### To do
From the records below, copy the lines that include "leads".

Data excerpts:
....................

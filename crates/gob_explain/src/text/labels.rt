//! Paths of parts, and what the part of a row is called.

ghost use Rattle.std.specs.Prelude.{◌≡◌, ◌++◌, IfOk, OnOk, string_bytes};
ghost use Rattle.gob_types.specs.Table.{shape_of};
ghost use Rattle.gob_explain.specs.Names.{field_in, held_name, path_text, step_text};

use crate::row::PartStep;
use crate::text::names::{push_name, push_type_name};
use gob_num::Memory;
use gob_types::{Kind, Shapes, TypeId};
use std::alloc::{AllocError, Global};

/// The path as text: `[2].Lines[0].Count`, with ` key` behind the index of a pair whose key it leads to, and with
/// `.(Point)` into a Point that an interface holds. Names of fields and types are those of the table, with no character
/// that a terminal obeys. Empty where there is no step.
pub fn path_text<S: Shapes>(alloc: Global, shapes: &S, path: &[PartStep]) -> Result<String, Memory>
    ensures { IfOk result (λ text. string_bytes text ≡ path_text (S.table shapes.now) path.now) }
{
    let mut text = String::new(alloc);
    for step in path {
        push_path_step(alloc, shapes, *step, &mut text)?;
    }
    Ok(text)
}

fn push_path_step<S: Shapes>(
    alloc: Global,
    shapes: &S,
    step: PartStep,
    out: &mut String,
) -> Result<(), AllocError>
    ensures { OnOk result (string_bytes out.new ≡ string_bytes out.old ++ step_text (S.table shapes.now) step) }
{
    match step {
        PartStep::Element(index) => write!(out, "[{index}]"),
        PartStep::Key(index) => write!(out, "[{index}] key"),
        PartStep::Value(index) => write!(out, "[{index}]"),
        PartStep::Field { of, number } => {
            out.push('.')?;
            push_field(alloc, shapes, of, number, out)
        }
        PartStep::Held(id) => {
            out.push_str(".(")?;
            push_held(alloc, shapes, id, out)?;
            out.push_str(")")
        }
    }
}

// Puts behind the text what is held: the name of its type, or its id where it has none.
fn push_held<S: Shapes>(
    alloc: Global,
    shapes: &S,
    id: TypeId,
    out: &mut String,
) -> Result<(), AllocError>
    ensures { OnOk result (string_bytes out.new ≡ string_bytes out.old ++ held_name (S.table shapes.now) id) }
{
    let mut name = String::new(alloc);
    push_type_name(alloc, shapes, id, &mut name)?;
    if name.is_empty() {
        return write!(out, "type {}", id.0);
    }
    out.push_str(name.as_str())
}

/// Puts behind the text what the part is called to which the path leads: its field, or its place in a list or map. A
/// field of a struct in a list or map has that place before it.
pub(crate) fn push_label<S: Shapes>(
    alloc: Global,
    shapes: &S,
    path: &[PartStep],
    out: &mut String,
) -> Result<(), AllocError> {
    let Some((last, around)) = path.split_last() else {
        return Ok(());
    };
    if let PartStep::Field { of, number } = *last {
        if push_place(around.last(), out)? {
            out.push('.')?;
        }
        return push_field(alloc, shapes, of, number, out);
    }
    push_place(Some(last), out)?;
    Ok(())
}

// Puts behind the text the place in a list or map to which the step leads, if it leads to one.
fn push_place(step: Option<&PartStep>, out: &mut String) -> Result<bool, AllocError> {
    match step {
        Some(PartStep::Element(index)) => write!(out, "[{}]", *index)?,
        Some(PartStep::Key(_)) => out.push_str("key")?,
        Some(PartStep::Value(_)) => out.push_str("value")?,
        _ => return Ok(false),
    }
    Ok(true)
}

// Puts the name of a field behind the text.
fn push_field<S: Shapes>(
    alloc: Global,
    shapes: &S,
    of: TypeId,
    number: u64,
    out: &mut String,
) -> Result<(), AllocError>
    ensures { OnOk result
        (string_bytes out.new ≡ string_bytes out.old ++ field_in (shape_of (S.table shapes.now) of) number) }
{
    let Some(shape) = shapes.shape_of(of) else {
        return Ok(());
    };
    let Kind::Struct { fields } = &shape.kind else {
        return Ok(());
    };
    match fields.get(number) {
        Some(field) => push_name(alloc, field.name.as_bytes(), out),
        None => Ok(()),
    }
}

....................

### Task response
/// The path as text: `[2].Lines[0].Count`, with ` key` behind the index of a pair whose key it leads to, and with
/// Puts behind the text what the part is called to which the path leads: its field, or its place in a list or map. A
// Puts behind the text the place in a list or map to which the step leads, if it leads to one.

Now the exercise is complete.